Pro- and anti-tumour effects of B cells and antibodies in cancer: a comparison of clinical studies and preclinical models

  • Thomas V. Guy
  • Alexandra M. Terry
  • Holly A. Bolton
  • David G. Hancock
  • Elena Shklovskaya
  • Barbara Fazekas de St Groth
Review

Abstract

The primary immune role of B cells is to produce antibodies, but they can also influence T cell function via antigen presentation and, in some contexts, immune regulation. Whether their roles in tumour immunity are similar to those in other chronic immune responses such as autoimmunity and chronic infection, where both pro- and anti-inflammatory roles have been described, remains controversial. Many studies have aimed to define the role of B cells in antitumor immune responses, but despite this considerable body of work, it is not yet possible to predict how they will affect immunity to any given tumour. In many human cancers, the presence of tumour-infiltrating B cells and tumour-reactive antibodies correlates with extended patient survival, and this clinical observation is supported by data from some animal models. On the other hand, T cell responses can be adversely affected by B cell production of immunoregulatory cytokines, a phenomenon that has been demonstrated in humans and in animal models.
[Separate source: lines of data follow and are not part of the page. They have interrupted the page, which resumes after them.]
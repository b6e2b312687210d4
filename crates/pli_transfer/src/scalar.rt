// Scalars that are assigned to, and the variable of DO.

ghost use Rattle.std.specs.Prelude.{◌≡◌, None, Some};
ghost use Rattle.pli_language.specs.declared.fault.SourceKind.TheVariants.{TypeMismatch};
ghost use Rattle.pli_typing.specs.Assigning as A;
ghost use Rattle.pli_typing.specs.Converting as C;
ghost use Rattle.pli_language.specs.Refusals.{fault};
ghost use Rattle.pli_typing.specs.TypedStatementView.{counter_of};
ghost use Rattle.pli_typing.specs.TypedTree as Y;
ghost use Rattle.pli_typing.specs.TypedView.{leaf_type_of, reference_of};
ghost use Rattle.pli_language.specs.View.{option_of};
ghost use Rattle.pli_operand.specs.Notes.{noted, with_fault};
ghost use Rattle.pli_operand.specs.Shown.{designated_of, notes_of, operand_of, referent_of};
ghost use Rattle.pli_transfer.specs.Shown.{scalar_of};

use pli_language::expr::Place;
use pli_language::fault::SourceKind;
use pli_operand::notes::Notes;
use pli_operand::operand::{Designated, Operand, Referent};
use pli_operand::shape::scalar_type;
use pli_typing::typed::{Counter, LeafType, Reference, Value};

/// A scalar that can be assigned to, with its kind.
#[derive(Drop)]
pub struct Scalar<'a> {
    pub reference: Reference<'a>,
    pub kind: LeafType,
}

/// What counts as a text, where the kind converts to no number.
#[tactic(auto, using(pli_operand::proofs::Noting::noting))]
fn mismatched_counter<'a>(notes: &mut Notes, place: Place, reference: Reference<'a>) -> Counter<'a>
    ensures noted { notes_of notes.new ≡ with_fault (notes_of notes.old) (fault place TypeMismatch) }
    ensures value { counter_of result ≡ Y.TextCounter (reference_of reference.entry) }
{
    notes.broken(place, SourceKind::TypeMismatch);
    Counter::Text(reference)
}

/// A variable that counts: it converts to numbers and from them.
#[tactic(auto, using(pli_operand::proofs::Noting::noting))]
pub fn counter_of<'a>(
    notes: &mut Notes,
    place: Place,
    reference: Reference<'a>,
    kind: LeafType,
) -> Counter<'a>
    ensures noted { notes_of notes.new ≡ noted (notes_of notes.old) (A.counter_of place (reference_of reference.entry) (leaf_type_of kind)) }
    ensures value { counter_of result ≡ (A.counter_of place (reference_of reference.entry) (leaf_type_of kind)).value }
{
    match kind {
        LeafType::Fixed(precision) => Counter::Number {
            precision,
            reference,
        },
        LeafType::Character(_) | LeafType::Varying(_) => Counter::Text(reference),
        LeafType::Bit | LeafType::Pointer | LeafType::Offset(_) | LeafType::Area(_) => {
            mismatched_counter(notes, place, reference)
        }
    }
}

/// No scalar that can be assigned to.
#[tactic(auto, using(pli_operand::proofs::Noting::noting))]
fn no_scalar<'a>(notes: &mut Notes, place: Place) -> Option<Scalar<'a>>
    ensures noted { notes_of notes.new ≡ with_fault (notes_of notes.old) (fault place TypeMismatch) }
    ensures value { option_of scalar_of result ≡ None }
{
    notes.broken(place, SourceKind::TypeMismatch);
    None
}

/// A reference to what is no scalar.
#[tactic(auto, using(pli_operand::proofs::Noting::noting))]
fn not_scalar<'a>(notes: &mut Notes, place: Place, _reference: Reference<'a>) -> Option<Scalar<'a>>
    ensures noted { notes_of notes.new ≡ with_fault (notes_of notes.old) (fault place TypeMismatch) }
    ensures value { option_of scalar_of result ≡ None }
{
    no_scalar(notes, place)
}

/// A scalar of a kind, which may be no area.
#[tactic(auto, using(pli_operand::proofs::Noting::noting))]
fn scalar_of_kind<'a>(
    notes: &mut Notes,
    place: Place,
    reference: Reference<'a>,
    kind: LeafType,
) -> Option<Scalar<'a>>
    ensures noted { notes_of notes.new ≡ noted (notes_of notes.old) (A.scalar_if place (reference_of reference.entry) (Some (leaf_type_of kind))) }
    ensures value { option_of scalar_of result ≡ (A.scalar_if place (reference_of reference.entry) (Some (leaf_type_of kind))).value }
{
    match kind {
        LeafType::Area(_) => not_scalar(notes, place, reference),
        LeafType::Fixed(_)
        | LeafType::Character(_)
        | LeafType::Varying(_)
        | LeafType::Bit
        | LeafType::Pointer
        | LeafType::Offset(_) => Some(Scalar { reference, kind }),
    }
}

/// A reference with the kind of a scalar, where it has one.
#[tactic(auto, using(pli_operand::proofs::Noting::noting))]
fn scalar_if<'a>(
    notes: &mut Notes,
    place: Place,
    reference: Reference<'a>,
    kind: Option<LeafType>,
) -> Option<Scalar<'a>>
    ensures noted { notes_of notes.new ≡ noted (notes_of notes.old) (A.scalar_if place (reference_of reference.entry) (option_of leaf_type_of kind)) }
    ensures value { option_of scalar_of result ≡ (A.scalar_if place (reference_of reference.entry) (option_of leaf_type_of kind)).value }
{
    match kind {
        Some(kind) => scalar_of_kind(notes, place, reference, kind),
        None => not_scalar(notes, place, reference),
    }
}

#[tactic(auto, using(pli_operand::proofs::Noting::noting))]
fn scalar_designated<'a>(
    notes: &mut Notes,
    place: Place,
    designated: Designated<'_, 'a>,
) -> Option<Scalar<'a>>
    ensures noted { notes_of notes.new ≡ noted (notes_of notes.old) (A.scalar_referent place (C.Designates (designated_of designated.entry))) }
    ensures value { option_of scalar_of result ≡ (A.scalar_referent place (C.Designates (designated_of designated.entry))).value }
{
    let kind = scalar_type(&designated);
    scalar_if(notes, place, designated.reference, kind)
}

/// A value is no variable.
#[tactic(auto, using(pli_operand::proofs::Noting::noting))]
fn scalar_value<'a>(notes: &mut Notes, place: Place, _value: Value<'a>) -> Option<Scalar<'a>>
    ensures noted { notes_of notes.new ≡ with_fault (notes_of notes.old) (fault place TypeMismatch) }
    ensures value { option_of scalar_of result ≡ None }
{
    no_scalar(notes, place)
}

#[tactic(auto, using(pli_operand::proofs::Noting::noting))]
fn scalar_referent<'a>(
    notes: &mut Notes,
    place: Place,
    referent: Referent<'_, 'a>,
) -> Option<Scalar<'a>>
    ensures noted { notes_of notes.new ≡ noted (notes_of notes.old) (A.scalar_referent place (referent_of referent.entry)) }
    ensures value { option_of scalar_of result ≡ (A.scalar_referent place (referent_of referent.entry)).value }
{
    match referent {
        Referent::Designates(designated) => scalar_designated(notes, place, designated),
        Referent::Gives(value) => scalar_value(notes, place, value),
        Referent::UnknownValue | Referent::EmptyArea | Referent::Nothing => {
            no_scalar(notes, place)
        }
        Referent::NotKnown => None,
    }
}

/// An operand that is a scalar that can be assigned to.
#[tactic(auto, using(pli_operand::proofs::Noting::noting))]
pub fn scalar_operand<'a>(notes: &mut Notes, operand: Operand<'_, 'a>) -> Option<Scalar<'a>>
    ensures noted { notes_of notes.new ≡ noted (notes_of notes.old) (A.scalar_operand (operand_of operand.entry)) }
    ensures value { option_of scalar_of result ≡ (A.scalar_operand (operand_of operand.entry)).value }
{
    scalar_referent(notes, operand.place, operand.referent)
}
The isotype and concentration of tumour-reactive antibodies may also influence tumour progression. Recruitment of B cells into tumours may directly reflect the subtype and strength of the anti-tumour T cell response. As the response becomes chronic, B cells may attenuate T cell responses in an attempt to decrease host damage, similar to their described role in chronic infection and autoimmunity. Understanding how B cell responses in cancer are related to the effectiveness of the overall anti-tumour response is likely to aid in the development of new therapeutic interventions against cancer.

Keywords

B cells Antibodies Tumour models Clinical correlations 

Abbreviations

Breg

Regulatory B cell

CXCR3

CXC chemokine receptor 3

DMBA

7,12-Dimethylbenz[a]anthracene

FcR

Fc receptor

FcεRI

High affinity IgE receptor Fc epsilon RI

FcεRII

Low affinity IgE receptor Fc epsilon RII

Flt3L

FMS-like tyrosine kinase 3 ligand

GRP

Gastrin-releasing peptide

HSV1-TK

Herpes simplex virus 1 thymidine kinase

MCA

Methylcholanthrene

PSA

Prostate-specific antigen

SCC

Squamous cell carcinoma

SEREX

Serological identification of antigens by recombinant expression cloning

Th1

T helper type 1

TILs

Tumour-infiltrating lymphocytes

TPA

Tetradecanoyl phorbol acetate

VCAM-1

Vascular cell adhesion protein 1

Notes

Acknowledgments

This work was supported by National Health and Medical Research Council of Australia Grants 1012930 and 1051843 and Cancer Council New South Wales Grant RG13-13. Thomas Guy and David Hancock were recipients of Cancer Institute New South Wales Research Scholar awards, and Barbara Fazekas de St Groth was supported by a National Health and Medical Research Council of Australia Principal Research Fellowship.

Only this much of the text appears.